It could also be a marketing strategy.  Think of it this way, if one company makes a 55-inch TV and another makes a 56-inch TV, assuming that all the specs/prices are the same (nowadays most flapship models from various companies all have the same features and similar prices just with different branding/name), which one would you purchase?  Obviously the 56-inch TV.  Of course, in real life, this wouldn't exactly be the case due to the varying qualities of the features and the picture qualities themselves.  However, that 1 extra inch can make a difference, especially when it comes to the average consumer who knows nothing about TVs and only understands "bigger is better".  The manufacturing process for creating a 55-inch TV and a 56-inch TV is probably almost exactly the same with the 56-inch TV being only marginally more expensive to produce.

LG WRman Sherlock, out!


----------



## sumit_anand (Jan 11, 2013)

randomuser111 said:


> ^
> 
> LG/Samsung OLED TVs are only 1080p, Sony/Panasonic OLED is 4K.  HUGE difference.



I think you misunderstood kirtu jindals's point. He is just mentioning about the size of the tv and not about the features of the tv. There are so much difference in the features of the oled tv's from lg/samsung and from Sony/panasonic, but i think it will take a lot of time for sony/panasonic to get their tv released in the market while lg oled tv is already in the market.


----------



## randomuser111 (Jan 11, 2013)

sumit_anand said:


> I think you misunderstood kirtu jindals's point. He is just mentioning about the size of the tv and not about the features of the tv. There are so much difference in the features of the oled tv's from lg/samsung and from Sony/panasonic, but i think it will take a lot of time for sony/panasonic to get their tv released in the market while lg oled tv is already in the market.
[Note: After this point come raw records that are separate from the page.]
//! A kernel that threads share: rings and a board between it and its callers, a lock round it, and
//! workers that make its steps.
//!
//! A caller's own calls (`Caller::submit`, `poll` and `finish`, `Board::durable` and `ask_shut`)
//! have neither the kernel nor its lock. Workers step the kernel under its lock; that they get it
//! anew for each step, or for each turn where groups are kept open, is so by their code. What
//! `Kernel::known` says of a kernel is true each time the lock is got, whoever had it before: above
//! all what a stop then leaves. An `Origin` is the kernel as it was when threads
//! began to share it: behind the lock it keeps its opening, its committed groups, its processes and
//! their rings.
#![tactic(auto)]

mod accounting;
mod comparing;
mod grouping;
mod pace;
mod serving;
mod session;
mod settling;
mod shared;
mod workers;

pub use accounting::{Reconciling, account};
pub use comparing::{Comparing, compare};
pub use grouping::Bound;
pub use pace::Serving;
pub use rings::{Board, BoardHerald, Caller, Finished, Keeper, RingIntake, Watch, rings};
pub use serving::{serve_beside, serve_while};
pub use session::{Origin, Session};
pub use settling::{Account, Settling, settle};
pub use shared::Shared;
pub use workers::{Gate, NoGate, serve, serve_grouped};
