// The reply at the turn of an operation that has taken its inode, or found it free; None where it
// comes later.
fn reply_when_taken(form: Form, inode: &Option<Dinode>, op: &Op) -> Option<Reply>
    requires { length (bytes_of op.now) ≤ transfer_limit }
    ensures { result ≡ reply_when_taken form inode.now op.now }
{
    let Some(inode) = inode else {
        return Some(Reply::NoFile);
    };
    match op {
        Op::Stat(_) => Some(Reply::StatOf(inode.kind, inode.nlink, inode.size)),
        Op::Trunc(_) | Op::Remove(_) => Some(Reply::Done),
        Op::SetAttribute(_, attribute) => reply_of_attribute(form, inode, *attribute),
        Op::Write(_, offset, bytes) => write_refusal(form, inode, *offset, bytes.len()),
        Op::Create(_) | Op::Read(..) => None,
    }
}

// The refusal of a write of that many bytes that begins behind the file's end, or that no file of an
// image of that form has room for.
fn write_refusal(form: Form, inode: &Dinode, offset: u32, count: usize) -> Option<Reply>
    requires { count ≤ transfer_limit }
    ensures { result ≡ write_refusal form inode.now offset count }
{
    if offset > inode.size {
        return Some(Reply::BadOffset);
    }
    if offset as usize + count > greatest_size(form) as usize {
        return Some(Reply::TooBig);
    }
    None
}

// The reply of an attribute at its turn; None where the file gets longer.
fn reply_of_attribute(form: Form, inode: &Dinode, attribute: Attribute) -> Option<Reply>
    ensures { result ≡ reply_of_attribute form inode.now attribute }
{
    match attribute {
        Attribute::Size(size) if size > inode.size => extension_refusal(form, inode.size, size),
        Attribute::Size(_) | Attribute::Links(_) => Some(Reply::Done),
    }
}

// The refusal of a longer length, which adds more than one operation moves, or that no file of an
// image of that form has room for.
fn extension_refusal(form: Form, old: u32, size: u32) -> Option<Reply>
    requires { old < size }
    ensures { result ≡ extension_refusal form old size }
{
    if size - old > TRANSFER_LIMIT {
        return Some(Reply::TooLong);
    }
    if size > greatest_size(form) {
        return Some(Reply::TooBig);
    }
    None
}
As I mentioned earlier, no brand is ready with OLED TVs. The LG OLED is not a commercial product. LG is selling "very limited" number of OLED TVs at a huge loss to show that they are serious about OLED, just like Sony XEL-1 OLED TV and the previous LG OLED TV. But in reality, they are not selling OLED TVs as commercial products. The yields are far too low at this point to commercialize OLED. So commercial OLED TVs are at least 2 years away from any brand.


----------



## Sam22 (Jan 20, 2013)

randomuser111 said:


> As I mentioned earlier, no brand is ready with OLED TVs. The LG OLED is not a commercial product. *LG is selling "very limited" number of OLED TVs at a huge loss to show that they are serious about OLED, just like Sony XEL-1 OLED TV and the previous LG OLED TV. But in reality, they are not selling OLED TVs as commercial products.* The yields are far too low at this point to commercialize OLED. So commercial OLED TVs are at least 2 years away from any brand.
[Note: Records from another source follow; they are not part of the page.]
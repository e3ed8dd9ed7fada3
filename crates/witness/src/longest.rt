// The longest run with the words that make it.
ghost use Rattle.std.specs.Prelude.{◌≡◌, length};
ghost use Rattle.runs.specs.Script.{script_of};
ghost use Rattle.witness.specs.Witness.{path_run_of, marks_witnessed, lengths_witnessed, path_witnessed};
ghost use Rattle.witness.specs.Walking.{run_within, kept};
ghost use Rattle.runs.specs.Run.{marks_after, lengths_after};

use crate::walking::walk;
use common::Refusal;
use common::sizes::check_room;
use fields::version::Version;
use runs::Longest;

// The run, and how many words its path has.
#[derive(Clone, Copy, Debug, PartialEq, Eq)]
pub struct PathRun {
    pub run: Longest,
    pub count: usize,
}

// The run of words for whose path there is so much room, or the first refusal that applies.
// The marks and the lengths get what the run leaves.
fn run_within(
    version: Version,
    words: &[u32],
    weights: &[u8],
    marks: &mut [u8],
    lengths: &mut [u32],
    room: usize,
) -> Result<Longest, Refusal>
    ensures value { result ≡ run_within (script_of version words.now) weights.now
        (length marks.old) (length lengths.old) room }
    ensures marks_after { marks.new ≡ kept (script_of version words.now) room marks.old
        (marks_after (script_of version words.now) weights.now marks.old
        lengths.old) }
    ensures lengths_after { lengths.new ≡ kept (script_of version words.now) room lengths.old
        (lengths_after (script_of version words.now) weights.now marks.old
        lengths.old) }
{
    check_room(words.len(), room)?;
    runs::longest_run(version, words, weights, marks, lengths)
}

// The longest run, the lowest word at which it begins, and in `path` the words of one longest stretch
// from there on, as many as `count` says. Or the first refusal that applies. The marks and the
// lengths get what the run leaves.
pub fn longest_path(
    version: Version,
    words: &[u32],
    weights: &[u8],
    marks: &mut [u8],
    lengths: &mut [u32],
    path: &mut [u32],
) -> Result<PathRun, Refusal>
    ensures value { result ≡ path_run_of (script_of version words.now) weights.now
        (length marks.old) (length lengths.old) (length path.old) }
    ensures marks_after { marks.new ≡ marks_witnessed (script_of version words.now) weights.now
        marks.old lengths.old path.old }
    ensures lengths_after { lengths.new ≡ lengths_witnessed (script_of version words.now) weights.now
        marks.old lengths.old path.old }
    ensures path_after { path.new ≡ path_witnessed (script_of version words.now) weights.now
        marks.old lengths.old path.old }
{
    let run = run_within(version, words, weights, marks, lengths, path.len())?;
    let count = walk(version, words, lengths, run.first, path);
    Ok(PathRun { run, count })
}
I had heard about the low yields of the oleds but never said that lg and sony sold their oleds at a huge loss as you said...Can you explain this thing in more detail and is the same going to happen with the 4k oleds as well?


----------



## randomuser111 (Jan 20, 2013)

At least so far, OLED is not profitable at all as manufacturers are getting yields of below 20%. The LG OLED TV that is on sale in Korea costs more than twice its selling price to manufacture. So there is a lot of work to be done to improve manufacturing techniques so yield can rise significantly and selling OLED can be profitable. 

Which is why Sony professional 24.5 inch TriMaster OLED monitor costs *23400$*.


----------